CX Markets
- Industry: Finance
- Headquarters: New York City, United States
- Area served: United States
- Services: Designated contract market
- Owner: Cantor Fitzgerald
- Website: www.cxmarkets.com

= CX Markets =

CX Futures Exchange, L.P. (also called CXMarkets, and Cantor Exchange) is a designated contract market offering financial products related to forex and weather. It operates in conjunction with a sister company CX Clearinghouse as a subsidiary of Cantor Fitzgerald. Through various platforms under the CXMarkets umbrella, speculators and hedgers can make trades based on the exchange rate of currencies through binary options, as well as predictions on weather, such as where tropical storms will make landfall, snowfall amounts, rainfall amounts, and high and low temperatures.

As of the close of trading on March 29, 2019, the exchange discontinued listing of forex and gold binary options instruments until further notice.

==History==
In 2008, financial services firm Cantor Fitzgerald filed for federal regulatory approval for a new commodities venue called the Cantor Exchange. The aim was to turn its Hollywood Stock Exchange (HSX), a simulation game which had been operating for over a decade, into an actual money exchange which would allow individuals or institutions to buy and sell contracts based on motion picture box office revenue.

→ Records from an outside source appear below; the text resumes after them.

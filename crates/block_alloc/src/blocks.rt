//! The block allocator.

ghost use Rattle.std.specs.Prelude.{◌≡◌, ◌↔◌, ◌+◌, ◌<◌, ◌≤◌, ◌&&◌, ◌||◌, [], ℕ, IfOk, IsTrue, OnOk, OnErr, Some, false, find, length, nat_le, not, option_map, slice_get, true};
ghost use Rattle.tierra_model.specs.Blocks.{is_in};
ghost use Rattle.tierra_model.specs.FreeList.{is_in_some, runs_of};
ghost use Rattle.tierra_model.specs.Room as room;
ghost use Rattle.block_alloc.specs.Runs.{AllBelow, AreRuns, cells_of};
ghost use Rattle.block_alloc.specs.Again.{tells};

use crate::runs::{put_in, take_out};
use std::alloc::Global;
use std::marker::Model;
use tierra_model::{Block, OutOfMemory};

/// The cells of a soup, each free or owned. A block is taken where it fits at the least address.
#[derive(Drop)]
pub struct Blocks {
    size: u32,
    // The runs of free cells, in order, none touching the next.
    free: Vec<Block>,
    filled: u32,
}

impl Model for Blocks {
    ghost use Rattle.std.specs.Prelude.{◌-◌, vec_len};
    ghost use Rattle.std.specs.Vec.{vec_capacity};
    ghost use Rattle.block_alloc.specs.Runs.{AreFree};
    ghost use Rattle.block_alloc.specs.Blocks.{BlocksFields};

    ghost Value = { BlocksFields };

    ghost view = { λ b. record { size = b.size; free = b.free.items; spare = vec_capacity b.free - vec_len b.free } };

    ghost invariant = { λ b. AreFree b.size b.filled b.free.items };
}

impl Blocks {
    /// All cells are free.
    pub fn new(alloc: Global, size: u32) -> Result<Blocks, OutOfMemory>
        ensures size { IfOk result (λ b. b.size ≡ size) }
        ensures free { IfOk result (λ b. b.free ≡ runs_of size (λ p. true)) }
    {
        let mut free = Vec::new(alloc);
        if size > 0 {
            free.push(Block { at: 0, size })?;
        }
        Ok(Blocks {
            size,
            free,
            filled: 0,
        })
    }

    /// An allocator whose runs of free cells are these.
    pub fn of_runs(alloc: Global, size: u32, runs: &[Block]) -> Result<Blocks, OutOfMemory>
        requires { AreRuns 0 size runs.now }
        ensures size { IfOk result (λ b. b.size ≡ size) }
        ensures free { IfOk result (λ b. b.free ≡ runs.now) }
    {
        let mut free = Vec::with_capacity(alloc, runs.len())?;
        free.extend_from_slice(runs)?;
        Ok(Blocks {
            size,
            free,
            filled: filled_of(runs, size),
        })
    }

    /// An allocator with no free cell. It takes no memory.
    pub fn full(alloc: Global, size: u32) -> Blocks
        ensures size { result.size ≡ size }
        ensures free { result.free ≡ [] }
    {
        Blocks {
            size,
            free: Vec::new(alloc),
            filled: size,
        }
    }

    /// Sets the runs of free cells to these, in a soup of `size` cells, whatever was free before. It takes no memory.
    pub fn refill(&mut self, size: u32, runs: &[Block])
        requires runs { AreRuns 0 size runs.now }
        requires room { length runs.now ≤ length self.old.free + self.old.spare }
        ensures size { self.new.size ≡ size }
        ensures free { self.new.free ≡ runs.now }
        ensures room { length self.old.free + self.old.spare ≤ length runs.now + self.new.spare }
    {
        self.free.clear();
        let copied: Result<_, _> = self.free.extend_from_slice(runs);
        copied.unwrap();
        self.size = size;
        self.filled = filled_of(runs, size);
    }

    /// The least address of a block of free cells, if there is one of that size.
    pub fn fit(&self, size: u32) -> Option<u32>
        requires { 1 ≤ size }
        ensures { result ≡ room.first_fit self.now.size (λ p. not (is_in_some self.now.free p)) size }
    {
        first_long(&self.free, size)
    }

    /// Whether a block that is given back would be the first fit of its size again: no free run before it is as long,
    /// and none ends where it begins.
    pub fn fits_again(&self, block: Block) -> bool
        requires some { 1 ≤ block.size }
        requires within { AllBelow self.now.size block }
        requires owned { (p : ℕ) → is_in block p ≡ true → is_in_some self.now.free p ≡ false }
        ensures { IsTrue result ↔ (room.first_fit self.now.size
            (λ p. not (is_in_some self.now.free p || is_in block p)) block.size ≡ Some block.at) }
    {
        match first_told(&self.free, block) {
            Some(run) => block.at <= run.at,
            None => true,
        }
    }

    /// Makes room for `more` changes, so that they need no memory.
    pub fn reserve(&mut self, more: u32) -> Result<(), OutOfMemory>
        ensures free { self.new.free ≡ self.old.free }
        ensures size { self.new.size ≡ self.old.size }
        ensures ok { OnOk result (more ≤ self.new.spare) }
        ensures err { OnErr result (self.old.spare < more) }
        ensures room { self.old.spare ≤ self.new.spare }
    {
        self.free.reserve(more as usize)
    }

    /// Takes a block of free cells.
    pub fn take(&mut self, block: Block)
        requires free { (p : ℕ) → is_in block p ≡ true → is_in_some self.old.free p ≡ true }
        requires room { 0 < self.old.spare }
        ensures free { self.new.free ≡ runs_of self.old.size (λ p. is_in_some self.old.free p && not (is_in block p)) }
        ensures size { self.new.size ≡ self.old.size }
        ensures room { length self.new.free + self.new.spare ≡ length self.old.free + self.old.spare }
        ensures spare { self.old.spare ≤ self.new.spare + 1 }
    {
        take_out(&mut self.free, block);
        self.filled += block.size;
    }

    /// Gives a block back; its cells are then free.
    pub fn give_back(&mut self, block: Block)
        requires within { AllBelow self.old.size block }
        requires owned { (p : ℕ) → is_in block p ≡ true → is_in_some self.old.free p ≡ false }
        requires room { 0 < self.old.spare }
        ensures free { self.new.free ≡ runs_of self.old.size (λ p. is_in_some self.old.free p || is_in block p) }
        ensures size { self.new.size ≡ self.old.size }
        ensures room { length self.new.free + self.new.spare ≡ length self.old.free + self.old.spare }
        ensures spare { self.old.spare ≤ self.new.spare + 1 }
    {
        put_in(&mut self.free, block);
        self.filled -= block.size;
    }

    /// How many cells are owned.
    pub fn filled(&self) -> u32
        ensures { result ≡ room.filled self.now.size (λ p. not (is_in_some self.now.free p)) }
    {
        self.filled
    }

    /// How many runs of free cells there are.
    pub fn free_len(&self) -> u32
        ensures len { result ≡ length self.now.free }
        ensures runs { AreRuns 0 self.now.size self.now.free }
    {
        self.free.len() as u32
    }

    /// A run of free cells, counted from the lowest.
    pub fn free_at(&self, place: u32) -> Block
        requires { place < length self.now.free }
        ensures { slice_get self.now.free place ≡ Some result }
    {
        self.free[place as usize]
    }

    /// Another allocator with the same free cells.
    pub fn copy(&self) -> Result<Blocks, OutOfMemory>
        ensures size { IfOk result (λ b. b.size ≡ self.now.size) }
        ensures free { IfOk result (λ b. b.free ≡ self.now.free) }
    {
        Ok(Blocks {
            size: self.size,
            free: self.free.clone()?,
            filled: self.filled,
        })
    }
}

/// The least address of `size` free cells, where these are the runs of free cells in a soup of `cells`.
pub fn fit_in(runs: &[Block], cells: u32, size: u32) -> Option<u32>
    requires runs { AreRuns 0 cells runs.now }
    requires one { 1 ≤ size }
    ensures { result ≡ room.first_fit cells (λ p. not (is_in_some runs.now p)) size }
{
    first_long(runs, size)
}

/// How many cells are owned, where these are the runs of free cells in a soup of `cells`.
pub fn filled_of(runs: &[Block], cells: u32) -> u32
    requires { AreRuns 0 cells runs.now }
    ensures filled { result ≡ room.filled cells (λ p. not (is_in_some runs.now p)) }
    ensures count { result + cells_of runs.now ≡ cells }
{
    cells - cells_in(runs, cells)
}

// How many cells the runs have in all.
fn cells_in(runs: &[Block], size: u32) -> u32
    requires { AreRuns 0 size runs.now }
    ensures sum { result ≡ cells_of runs.now }
    ensures few { result ≤ size }
{
    let mut cells = 0;
    for run in runs {
        cells += run.size;
    }
    cells
}

// The address of the first run of that size or more.
fn first_long(runs: &[Block], size: u32) -> Option<u32>
    ensures { result ≡ option_map (λ r. r.at) (find (λ r. nat_le size r.size) runs.now) }
{
    runs.iter().find(|run| size <= run.size).map(|run| run.at)
}

// The first run that tells whether the block, once it is given back, is the first fit of its size: it begins behind the
// block, is as long, or ends where the block begins.
fn first_told(runs: &[Block], block: Block) -> Option<Block>
    ensures { result ≡ find (tells block) runs.now }
{
    runs.iter().copied().find(|run| {
        block.at <= run.at || block.size <= run.size || block.at - run.at == run.size
    })
}
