//! The parser of the parts of a query, and of a whole query.

ghost use Rattle.om_token.specs.declared.terminal.Terminal.TheVariants as t;
ghost use Rattle.om_grammar.specs.Parsers.{Reads};
ghost use Rattle.om_grammar.specs.Reading as spec;

use crate::aggregates::Aggregates;
use crate::cond_tree::CondTree;
use crate::cursor::Cursor;
use crate::stop::Stop;
use crate::tree::{ColumnName, Item, Query, SortKey, TableName};
use crate::{conditions, expressions, names};
use om_base::Items;
use om_token::Terminal;
use std::alloc::Global;

/// A column of the result.
#[tactic(auto, unfolding(crate::specs::Reading::item))]
fn item<'a>(alloc: Global, depth: usize, tokens: &mut Cursor<'_, 'a>) -> Result<Item<'a>, Stop>
    ensures { Reads (spec.item depth tokens.old) result tokens.new }
{
    let expr = expressions::expr(alloc, depth, Aggregates::Allowed, tokens)?;
    let alias = names::naming_alias(alloc, tokens)?;
    Ok(Item { expr, alias })
}

/// Columns of the result.
#[tactic(auto, unfolding(crate::specs::Reading::listed))]
fn items<'a>(
    alloc: Global,
    depth: usize,
    tokens: &mut Cursor<'_, 'a>,
) -> Result<Items<Item<'a>>, Stop>
    ensures { Reads (spec.listed (spec.item depth) tokens.old) result tokens.new }
{
    let mut items = Items::new(alloc);
    items.push(item(alloc, depth, tokens)?)?;
    'commas: while let Some(_) = tokens.eat(Terminal::Comma) {
        items.push(item(alloc, depth, tokens)?)?;
    }
    Ok(items)
}

/// Tables.
#[tactic(auto, unfolding(crate::specs::Reading::listed))]
fn tables<'a>(alloc: Global, tokens: &mut Cursor<'_, 'a>) -> Result<Items<TableName<'a>>, Stop>
    ensures { Reads (spec.listed spec.table tokens.old) result tokens.new }
{
    let mut tables = Items::new(alloc);
    tables.push(names::table(tokens)?)?;
    'commas: while let Some(_) = tokens.eat(Terminal::Comma) {
        tables.push(names::table(tokens)?)?;
    }
    Ok(tables)
}

/// Columns that rows are grouped by.
#[tactic(auto, unfolding(crate::specs::Reading::listed))]
fn columns<'a>(alloc: Global, tokens: &mut Cursor<'_, 'a>) -> Result<Items<ColumnName<'a>>, Stop>
    ensures { Reads (spec.listed spec.column tokens.old) result tokens.new }
{
    let mut columns = Items::new(alloc);
    columns.push(names::column(alloc, tokens)?)?;
    'commas: while let Some(_) = tokens.eat(Terminal::Comma) {
        columns.push(names::column(alloc, tokens)?)?;
    }
    Ok(columns)
}

/// What rows are sorted by, first to last.
#[tactic(auto, unfolding(crate::specs::Reading::listed))]
fn sort_keys<'a>(alloc: Global, tokens: &mut Cursor<'_, 'a>) -> Result<Items<SortKey<'a>>, Stop>
    ensures { Reads (spec.listed spec.sort_key tokens.old) result tokens.new }
{
    let mut keys = Items::new(alloc);
    keys.push(names::sort_key(alloc, tokens)?)?;
    'commas: while let Some(_) = tokens.eat(Terminal::Comma) {
        keys.push(names::sort_key(alloc, tokens)?)?;
    }
    Ok(keys)
}

/// The columns after GROUP BY, if it is next.
#[tactic(auto, unfolding(crate::specs::Reading::by))]
fn groups<'a>(alloc: Global, tokens: &mut Cursor<'_, 'a>) -> Result<Items<ColumnName<'a>>, Stop>
    ensures { Reads (spec.by t.Group spec.column tokens.old) result tokens.new }
{
    let Some(_) = tokens.eat(Terminal::Group) else {
        return Ok(Items::new(alloc));
    };
    tokens.expect(Terminal::By)?;
    columns(alloc, tokens)
}

/// What stands after ORDER BY, if it is next.
#[tactic(auto, unfolding(crate::specs::Reading::by))]
fn keys<'a>(alloc: Global, tokens: &mut Cursor<'_, 'a>) -> Result<Items<SortKey<'a>>, Stop>
    ensures { Reads (spec.by t.Order spec.sort_key tokens.old) result tokens.new }
{
    let Some(_) = tokens.eat(Terminal::Order) else {
        return Ok(Items::new(alloc));
    };
    tokens.expect(Terminal::By)?;
    sort_keys(alloc, tokens)
}

/// The condition after WHERE, if it is next.
#[tactic(auto, unfolding(crate::specs::Reading::filter))]
fn filter<'a>(
    alloc: Global,
    depth: usize,
    tokens: &mut Cursor<'_, 'a>,
) -> Result<Option<CondTree<'a>>, Stop>
    ensures { Reads (spec.filter depth tokens.old) result tokens.new }
{
    let Some(_) = tokens.eat(Terminal::Where) else {
        return Ok(None);
    };
    let cond = conditions::cond(alloc, depth, tokens)?;
    Ok(Some(cond))
}

/// A semicolon, if it is next, and then no token.
#[tactic(auto, unfolding(crate::specs::Reading::closing))]
fn closing(tokens: &mut Cursor<'_, '_>) -> Result<(), Stop>
    ensures { Reads (spec.closing tokens.old) result tokens.new }
{
    tokens.eat(Terminal::Semicolon);
    tokens.end()
}

/// SELECT and the columns of the result.
#[tactic(auto, unfolding(crate::specs::Reading::select_list))]
fn select_list<'a>(
    alloc: Global,
    depth: usize,
    tokens: &mut Cursor<'_, 'a>,
) -> Result<Items<Item<'a>>, Stop>
    ensures { Reads (spec.select_list depth tokens.old) result tokens.new }
{
    tokens.expect(Terminal::Select)?;
    items(alloc, depth, tokens)
}

/// FROM and the tables.
#[tactic(auto, unfolding(crate::specs::Reading::from_clause))]
fn from_clause<'a>(alloc: Global, tokens: &mut Cursor<'_, 'a>) -> Result<Items<TableName<'a>>, Stop>
    ensures { Reads (spec.from_clause tokens.old) result tokens.new }
{
    tokens.expect(Terminal::From)?;
    tables(alloc, tokens)
}

/// The columns that rows are grouped by, and what they are sorted by, up to the end of the query.
#[tactic(auto, unfolding(crate::specs::Reading::sorting))]
fn sorting<'a>(
    alloc: Global,
    tokens: &mut Cursor<'_, 'a>,
) -> Result<(Items<ColumnName<'a>>, Items<SortKey<'a>>), Stop>
    ensures { Reads (spec.sorting tokens.old) result tokens.new }
{
    let groups = groups(alloc, tokens)?;
    let keys = keys(alloc, tokens)?;
    closing(tokens)?;
    Ok((groups, keys))
}

/// What goes on from the columns of the result.
fn after_items<'a>(
    alloc: Global,
    depth: usize,
    items: Items<Item<'a>>,
    tokens: &mut Cursor<'_, 'a>,
) -> Result<Query<'a>, Stop>
    ensures { Reads (spec.after_items depth items.entry tokens.old) result tokens.new }
{
    let tables = from_clause(alloc, tokens)?;
    let filter = filter(alloc, depth, tokens)?;
    let (groups, keys) = sorting(alloc, tokens)?;
    Ok(Query {
        items,
        tables,
        filter,
        groups,
        keys,
    })
}

/// A query, and no token after it.
#[tactic(auto, unfolding(crate::specs::Reading::whole))]
pub fn whole<'a>(
    alloc: Global,
    depth: usize,
    tokens: &mut Cursor<'_, 'a>,
) -> Result<Query<'a>, Stop>
    ensures { Reads (spec.whole depth tokens.old) result tokens.new }
{
    let items = select_list(alloc, depth, tokens)?;
    after_items(alloc, depth, items, tokens)
}
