//! Fronts of primaries: all of one, or what stands up to and with its parenthesis.

ghost use Rattle.om_grammar.specs.Parsers.{Reads};
ghost use Rattle.om_grammar.specs.Reading as spec;

use crate::aggregates::Aggregates;
use crate::cursor::Cursor;
use crate::expr_tree::{ExprTree, Function};
use crate::lead::{Dotted, Lead};
use crate::start::{Form, Start};
use crate::stop::Stop;
use crate::tree::{ColumnName, Identifier, Label};
use om_token::{Terminal, unquoted};
use std::alloc::Global;

/// The parenthesis behind a function's word.
#[tactic(auto, unfolding(crate::specs::Reading::opened))]
fn opened<'a>(form: Form<'a>, tokens: &mut Cursor<'_, 'a>) -> Result<Start<'a>, Stop>
    ensures { Reads (spec.opened form.entry tokens.old) result tokens.new }
{
    tokens.expect(Terminal::LeftParen)?;
    Ok(Start::Open(form))
}

/// What stands behind a range variable and its point.
#[tactic(auto, unfolding(crate::specs::Reading::after_dot))]
fn after_dot<'a>(
    alloc: Global,
    variable: Label<'a>,
    dotted: Dotted<'a>,
    tokens: &mut Cursor<'_, 'a>,
) -> Result<Start<'a>, Stop>
    ensures { Reads (spec.after_dot variable.entry dotted.entry tokens.old) result tokens.new }
{
    match dotted {
        Dotted::Regular { at, name } => Ok(Start::Whole(ExprTree::Column(ColumnName {
            qualifier: Some(variable),
            at,
            name: Identifier::Regular(name),
        }))),
        Dotted::Delimited { at, inside } => {
            let name = unquoted(alloc, b'"', inside.bytes())?;
            Ok(Start::Whole(ExprTree::Column(ColumnName {
                qualifier: Some(variable),
                at,
                name: Identifier::Delimited(name),
            })))
        }
        Dotted::Memory { at, width } => opened(
            Form::Memory {
                qualifier: Some(variable),
                at,
                width,
            },
            tokens,
        ),
    }
}

/// What goes on from a regular identifier.
#[tactic(auto, unfolding(crate::specs::Reading::named))]
fn named<'a>(
    alloc: Global,
    first: Label<'a>,
    tokens: &mut Cursor<'_, 'a>,
) -> Result<Start<'a>, Stop>
    ensures { Reads (spec.named first.entry tokens.old) result tokens.new }
{
    let Some(_) = tokens.eat(Terminal::Dot) else {
        return Ok(Start::Whole(ExprTree::Column(ColumnName {
            qualifier: None,
            at: first.at,
            name: Identifier::Regular(first.name),
        })));
    };
    let dotted = tokens.dotted()?;
    after_dot(alloc, first, dotted, tokens)
}

/// What goes on from COUNT.
#[tactic(auto, unfolding(crate::specs::Reading::counted))]
fn counted<'a>(at: u32, tokens: &mut Cursor<'_, 'a>) -> Result<Start<'a>, Stop>
    ensures { Reads (spec.counted at tokens.old) result tokens.new }
{
    tokens.expect(Terminal::LeftParen)?;
    let Some(_) = tokens.eat(Terminal::Star) else {
        return Ok(Start::Open(Form::Aggregate {
            at,
            function: Function::Count,
        }));
    };
    Ok(Start::Rows { at })
}

/// What goes on from the first token of a primary.
#[tactic(auto, unfolding(crate::specs::Reading::after_lead))]
fn after_lead<'a>(
    alloc: Global,
    lead: Lead<'a>,
    tokens: &mut Cursor<'_, 'a>,
) -> Result<Start<'a>, Stop>
    ensures { Reads (spec.after_lead lead.entry tokens.old) result tokens.new }
{
    match lead {
        Lead::Numeral(numeral) => Ok(Start::Whole(ExprTree::Numeral(numeral))),
        Lead::Text { at, inside } => {
            let text = unquoted(alloc, b'\'', inside.bytes())?;
            Ok(Start::Whole(ExprTree::Text { at, text }))
        }
        Lead::Null { at } => Ok(Start::Whole(ExprTree::Null { at })),
        Lead::Regular { at, name } => named(alloc, Label { at, name }, tokens),
        Lead::Delimited { at, inside } => {
            let name = unquoted(alloc, b'"', inside.bytes())?;
            Ok(Start::Whole(ExprTree::Column(ColumnName {
                qualifier: None,
                at,
                name: Identifier::Delimited(name),
            })))
        }
        Lead::Paren => Ok(Start::Open(Form::Paren)),
        Lead::Signed { at } => opened(Form::Signed { at }, tokens),
        Lead::Bits { at } => opened(Form::Bits { at }, tokens),
        Lead::Memory { at, width } => opened(
            Form::Memory {
                qualifier: None,
                at,
                width,
            },
            tokens,
        ),
        Lead::Count { at } => counted(at, tokens),
        Lead::Extreme { at, function } => opened(Form::Aggregate { at, function }, tokens),
    }
}

/// The front of a primary.
#[tactic(auto, unfolding(crate::specs::Reading::front))]
pub fn front<'a>(
    alloc: Global,
    aggregates: Aggregates,
    tokens: &mut Cursor<'_, 'a>,
) -> Result<Start<'a>, Stop>
    ensures { Reads (spec.front aggregates tokens.old) result tokens.new }
{
    let lead = tokens.lead(aggregates)?;
    after_lead(alloc, lead, tokens)
}
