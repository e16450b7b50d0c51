//! Conditions.

use crate::expr_tree::ExprTree;
use sqlite_items::{Boxed, Items as Members};

/// A condition.
#[derive(Debug, Drop)]
pub enum CondTree<'a> {
    Predicate(Predicate<'a>),
    Not { at: u32, cond: Boxed<CondTree<'a>> },
    /// Two or more, joined by AND.
    All(Members<CondTree<'a>>),
    /// Two or more, joined by OR.
    Any(Members<CondTree<'a>>),
}

/// A test of expressions. Its drop is written out, since a derived one goes into the check of each function
/// that holds a condition, and takes most of that check's time.
#[derive(Debug)]
pub enum Predicate<'a> {
    Compare {
        /// Where the operator stands.
        at: u32,
        op: CompareOp,
        left: ExprTree<'a>,
        right: ExprTree<'a>,
    },
    Between {
        /// Where BETWEEN stands.
        at: u32,
        polarity: Polarity,
        what: ExprTree<'a>,
        low: ExprTree<'a>,
        high: ExprTree<'a>,
    },
    In {
        /// Where IN stands.
        at: u32,
        polarity: Polarity,
        what: ExprTree<'a>,
        /// At least one.
        list: Members<ExprTree<'a>>,
    },
    IsNull {
        /// Where IS stands.
        at: u32,
        polarity: Polarity,
        what: ExprTree<'a>,
    },
}

impl Drop for Predicate<'_> {
    fn drop(self) {
        match self {
            Predicate::Compare {
                at: _,
                op: _,
                left: _,
                right: _,
            } => (),
            Predicate::Between {
                at: _,
                polarity: _,
                what: _,
                low: _,
                high: _,
            } => (),
            Predicate::In {
                at: _,
                polarity: _,
                what: _,
                list: _,
            } => (),
            Predicate::IsNull {
                at: _,
                polarity: _,
                what: _,
            } => (),
        }
    }
}

/// Whether a predicate is asked as it is, or with NOT.
#[derive(Clone, Copy, Debug, PartialEq, Eq)]
pub enum Polarity {
    Plain,
    Negated,
}

/// The operator of a comparison.
#[derive(Clone, Copy, Debug, PartialEq, Eq)]
pub enum CompareOp {
    Equal,
    NotEqual,
    Less,
    LessOrEqual,
    Greater,
    GreaterOrEqual,
}
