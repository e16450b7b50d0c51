//! Reads a query from its text.

ghost use Rattle.std.specs.Prelude.{◌≡◌, ◌≢◌, ◌≤◌, length, IfOk, IfErr};
ghost use Rattle.om_grammar.specs.declared.tree.Query.{Query};
ghost use Rattle.om_grammar.specs.declared.fault.ParseFault.{ParseFault};
ghost use Rattle.om_grammar.specs.declared.fault.ParseFault.TheVariants as faults;
ghost use Rattle.om_grammar.specs.Grammar.{IsQuery};
ghost use Rattle.om_grammar.specs.Refusals.{HasTree, IsRefusal, Answers, IsTokenFault};

use crate::cursor::Cursor;
use crate::fault::ParseFault;
use crate::stop::Stop;
use crate::tree::Query;
use crate::{depth, parts};
use om_token::{Token, TokenFault};
use std::alloc::Global;

/// The most bytes that the text of a query may have.
const MAX_LENGTH: usize = 16384;

/// The tree of a list of tokens, whose text has `end` bytes.
fn parse_tokens<'a>(alloc: Global, tokens: &[Token<'a>], end: u32) -> Result<Query<'a>, ParseFault>
    ensures tree { IfOk result (λ query. IsQuery tokens.now query) }
    ensures fault { IfErr result (λ fault. IsTokenFault tokens.now end fault) }
{
    let mut cursor = Cursor::new(tokens);
    match parts::whole(alloc, tokens.len(), &mut cursor) {
        Ok(query) => Ok(query),
        Err(Stop::NoMemory) => Err(ParseFault::NoMemory),
        Err(Stop::Wrong) => Err(ParseFault::Syntax {
            at: cursor.place(end),
        }),
        // Each level takes a token.
        Err(Stop::Deep) => unreachable!(),
    }
}

/// The tree of `text`, or why it has none.
fn read<'a>(alloc: Global, text: &'a [u8]) -> Result<Query<'a>, ParseFault>
    ensures tree { IfOk result (λ query. HasTree text.now query) }
    ensures fault { IfErr result (λ fault. fault ≢ faults.NoMemory → IsRefusal text.now fault) }
{
    if text.len() > MAX_LENGTH {
        return Err(ParseFault::TooWide {
            length: text.len() as u64,
        });
    }
    let cut = match om_token::tokens(alloc, text) {
        Ok(tokens) => tokens,
        Err(TokenFault::NoMemory) => return Err(ParseFault::NoMemory),
        Err(TokenFault::NoToken { at }) => return Err(ParseFault::Syntax { at }),
    };
    let tokens = cut.as_slice();
    if let Some(at) = depth::too_deep(tokens) {
        return Err(ParseFault::TooDeep { at });
    }
    parse_tokens(alloc, tokens, text.len() as u32)
}

/// The tree of the query that `text` spells. Its regular names are parts of `text`.
pub fn parse<'a>(alloc: Global, text: &'a [u8]) -> Result<Query<'a>, ParseFault>
    // What is read is a tree of the text, and what is refused is refused there.
    ensures tree { IfOk result (λ query. HasTree text.now query) }
    ensures fault { IfErr result (λ fault. fault ≢ faults.NoMemory → IsRefusal text.now fault) }

    // A text that has a tree is read, and one that has a refusal is refused so, unless memory runs out.
    ensures finds { (query : Query) → HasTree text.now query → Answers result (Ok query) }
    ensures refuses { (fault : ParseFault) → IsRefusal text.now fault → Answers result (Err fault) }
{
    read(alloc, text)
}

In February 2010, it was announced that CFTC approval was expected, and the following month the Cantor Exchange would officially begin trading futures contracts on domestic box office receipts.

The exchange would allow every film to have a tradable "share" whose value would end based on the four-week opening box office revenue. Speculators and hedgers could buy or sell contracts in effort to profit or hedge against loss based on a film's financial performance.

Before its debut, movie executives expressed concern the existence of such an exchange would create yet another facet to take into account when assessing projects.